I think they would be just fine baked instead of fried..Enjoy
kadesma


----------



## kadesma (Mar 15, 2008)

expatgirl said:


> Yummo!!!  Sometimes the messy stuff tastes the best!  Thanks for sharing, km, as I can find all those ingredients here and make my own bread crumbs and the people here go crazy over Western-style desserts and appetizers.


Thanks Expatgirl,
they are yummy, hope you get a chance to make them.

kadesma


----------



## Uncle Bob (Mar 15, 2008)

Love, Love Love fried mushrooms. Anyway you make them!! Bring um on!!
I've been on a fried, sliced portabella kick lately, but love my little button shrooms too! 

Expatgirl...Stuffed with a crabmeat suffing, drizzled with butter, in the oven for a short visit...Oh my...Oh my!

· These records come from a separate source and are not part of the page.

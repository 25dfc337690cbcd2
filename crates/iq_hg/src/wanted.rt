//! What is wanted of a column in order.
use iq_ast::{Bound, Test};
use iq_truth::Side;

/// The values between two bounds, or those on a side of a test.
#[derive(Drop)]
pub(crate) enum Wanted<'a> {
    Between(&'a Bound, &'a Bound),
    OnSide(&'a Test, Side),
}
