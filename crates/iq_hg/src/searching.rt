//! Searching the directory.
ghost use Rattle.std.specs.Prelude.{◌≡◌, ◌<◌, ◌≤◌, ◌+◌, ◌^◌, ℕ, true, false, length, take, IfOk, IfErr};
ghost use Rattle.std.specs.List.{All};
ghost use Rattle.iq_pages.specs.PageCalls.{view};
ghost use Rattle.iq_pieces.specs.Counts.{OnlyReads};
ghost use Rattle.iq_hg.specs.Bounds.{is_under};
ghost use Rattle.iq_hg.specs.Places.{place_at};
ghost use Rattle.iq_hg.specs.Stands.{HasHgCause};
ghost use Rattle.iq_hg.specs.Search.{BeginsUnder, IsEdge, StartsUnder};

use crate::hg::Hg;
use crate::places::Place;
use crate::wanting::is_under;
use iq_ast::Bound;
use iq_base::width;
use iq_pages::{PageFault, PageSource};
use std::alloc::Global;

impl Hg {
    /// Whether a page of the directory begins with a value that stands before that of a lower bound. It costs one read.
    fn begins_under<S: PageSource>(
        &self,
        alloc: Global,
        source: &mut S,
        p: u32,
        low: &Bound,
    ) -> Result<bool, PageFault>
        requires { p < S.counts source.old self.now.directory }
        ensures ok { IfOk result (λ under. BeginsUnder self.now (S.told source.old) low.now p under) }
        ensures reads { OnlyReads 1 (view S.PageSource source.old) (view S.PageSource source.new) }
        ensures cause { IfErr result (HasHgCause self.now (view S.PageSource source.old) (view S.PageSource source.new)) }
    {
        let _width = width(self.kind);
        let _count = source.pages(self.directory);
        let places = self.places(alloc, source, p)?;
        if places.len() == 0 {
            return Err(PageFault::BadPage {
                object: self.directory,
                page: p,
            });
        }
        Ok(is_under(low, &places[0].first.value))
    }

    /// How many pages of the directory begin with a value that stands before that of a lower bound. It reads a page for each halving.
    fn pages_under<S: PageSource>(
        &self,
        alloc: Global,
        source: &mut S,
        low: &Bound,
    ) -> Result<u32, PageFault>
        ensures edge { IfOk result (λ p. IsEdge self.now (S.told source.old) low.now (S.counts source.old self.now.directory) p) }
        ensures within { IfOk result (λ p. p ≤ S.counts source.old self.now.directory) }
        ensures reads { (k : ℕ) → S.counts source.old self.now.directory < 2 ^ k → OnlyReads k (view S.PageSource source.old) (view S.PageSource source.new) }
        ensures cause { IfErr result (HasHgCause self.now (view S.PageSource source.old) (view S.PageSource source.new)) }
    {
        let mut from = 0;
        let mut to = source.pages(self.directory);
        'halves: while from < to {
            let middle = from + (to - from) / 2;
            if self.begins_under(alloc, source, middle, low)? {
                from = middle + 1;
            } else {
                to = middle;
            }
        }
        Ok(from)
    }

    /// The page of the last leaf that begins with a value that stands before that of a lower bound; where there is none, page 0, which is
    /// the first leaf's.
    pub(crate) fn start<S: PageSource>(
        &self,
        alloc: Global,
        source: &mut S,
        low: &Bound,
    ) -> Result<u32, PageFault>
        ensures start { IfOk result (λ page. StartsUnder self.now (S.told source.old) low.now page) }
        ensures reads { (k : ℕ) → S.counts source.old self.now.directory < 2 ^ k → OnlyReads (k + 1) (view S.PageSource source.old) (view S.PageSource source.new) }
        ensures cause { IfErr result (HasHgCause self.now (view S.PageSource source.old) (view S.PageSource source.new)) }
    {
        let _width = width(self.kind);
        let _count = source.pages(self.directory);
        let p = self.pages_under(alloc, source, low)?;
        if p == 0 {
            return Ok(0);
        }
        let places = self.places(alloc, source, p - 1)?;
        let n = count_under(&places, low);
        if n == 0 {
            return Err(PageFault::BadPage {
                object: self.directory,
                page: p - 1,
            });
        }
        Ok(places[n - 1].page)
    }
}

/// How many places, from the first on, begin with a value that stands before that of a lower bound.
fn count_under(places: &[Place], low: &Bound) -> usize
    ensures within { result ≤ length places.now }
    ensures under { All (λ place. is_under low.now place.first.value ≡ true) (take result places.now) }
    ensures next { result < length places.now → is_under low.now (place_at result places.now).first.value ≡ false }
{
    for i in 0..places.len() {
        if !is_under(low, &places[i].first.value) {
            return i;
        }
    }
    places.len()
}
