//! How the directory names leaves.
use iq_hg_leaves::Entry;

/// A leaf as the directory names it: its first entry, and its page.
#[derive(Debug, Drop)]
pub struct Place {
    pub first: Entry,
    pub page: u32,
}
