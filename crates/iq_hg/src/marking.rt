//! Setting the rows of wanted entries.
ghost use Rattle.std.specs.Prelude.{◌≡◌, ◌<◌, true, length, slice_set, if◌then◌else◌, IfSome, IfNone};
ghost use Rattle.std.specs.List.{All};
ghost use Rattle.iq_hg.specs.Marks.{Marks};

use crate::wanted::Wanted;
use crate::wanting::{is_past, is_wanted};
use iq_bitmap::Bitmap;
use iq_hg_leaves::Entries;

/// Sets the rows of the wanted entries, up to the first that stands behind all that is wanted, and answers how many were looked at.
/// It answers nothing where a row is past the bitmap.
pub(crate) fn mark(entries: &Entries, wanted: &Wanted<'_>, bits: &mut Bitmap) -> Option<usize>
    ensures long { length bits.new ≡ length bits.old }
    ensures ok { IfSome result (λ n. Marks wanted.now entries.now.entries n bits.old bits.new) }
    ensures bad { IfNone result (¬ (All (λ entry. entry.row < length bits.old) entries.now.entries)) }
{
    let len = bits.len();
    for i in 0..entries.len() {
        if is_past(wanted, entries.cells(), i) {
            return Some(i);
        }
        let row = entries.row(i);
        if row >= len {
            return None;
        }
        set_where(bits, row, is_wanted(wanted, entries.cells(), i));
    }
    Some(entries.len())
}

/// Sets a row, or leaves it.
fn set_where(bits: &mut Bitmap, row: u32, on: bool)
    requires { row < length bits.old }
    ensures { bits.new ≡ (if on then slice_set bits.old row true else bits.old) }
{
    if on {
        bits.set(row, true);
    }
}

I'm drooling......


----------



## expatgirl (Mar 15, 2008)

Uncle Bob, that sounds terrific, too---what do any of you think of some red caviar (just a few bits) added for color?  Caviar even though $$$$ here isn't as expensive  as when exported.

Oh, my, I'm drooling now.............and I love portobellos but you can't get them for love or $$$ here---not even imported


----------



## expatgirl (Mar 15, 2008)

and I  meant adding a few bits of caviar as a garnish after they are cooked


----------



## auntdot (Mar 15, 2008)

Sounds great.  Would probably add some Parmesan, but then again I will add Parmesan to anything.


----------



## expatgirl (Mar 15, 2008)

You're right, auntdot, parmesan definitely sounds like a great addition, too----I've got a dinner coming up soon and I can already see that I'm going to be serving kademas' mushroom recipe--this will knock their  snow mushers and wool socks off


----------



## Mississippi Girl (Oct 17, 2008)

once i had some cooked sausage patties left over from breakfast in the frig. I had placed right next to basket of fresh mushrooms. For something different to add to dinner I:
cut off stems and chopped stems up fine, set aside caps
In a skillet I saute' chopped mushrooms and finely chopped green onions and small bit of garlic.
I had a box of chicken stove top stuffing..took it out and made it according to directions. I added the cooked mushrooms,onion and garlic to it..added bit of shredded mozzarella that I had...mixed it with the left over sausage that i crumbled up into it.
dipped mushroom caps in butter, filled them with mixture and put on a cookie sheet with sides (sprayedcookie sheet with pam). Baked them till they were browned. Family wasnt waiting for me to serve up..they  were at stove with forks all ready..I was allowed two!!!


----------



## quicksilver (Oct 17, 2008)

I basically do the same, but do add the parm. And they are a pain. And eggplant parm is in that catagory too. But I love all the fried stuff - mozz & zuch sticks. Calimari. Tempura battered shrimp. 
So rather than make the mess nowadays, I usually eat out what I hate to cook at home.
But my mouth is sure watering now!  Yummy, yummy!


----------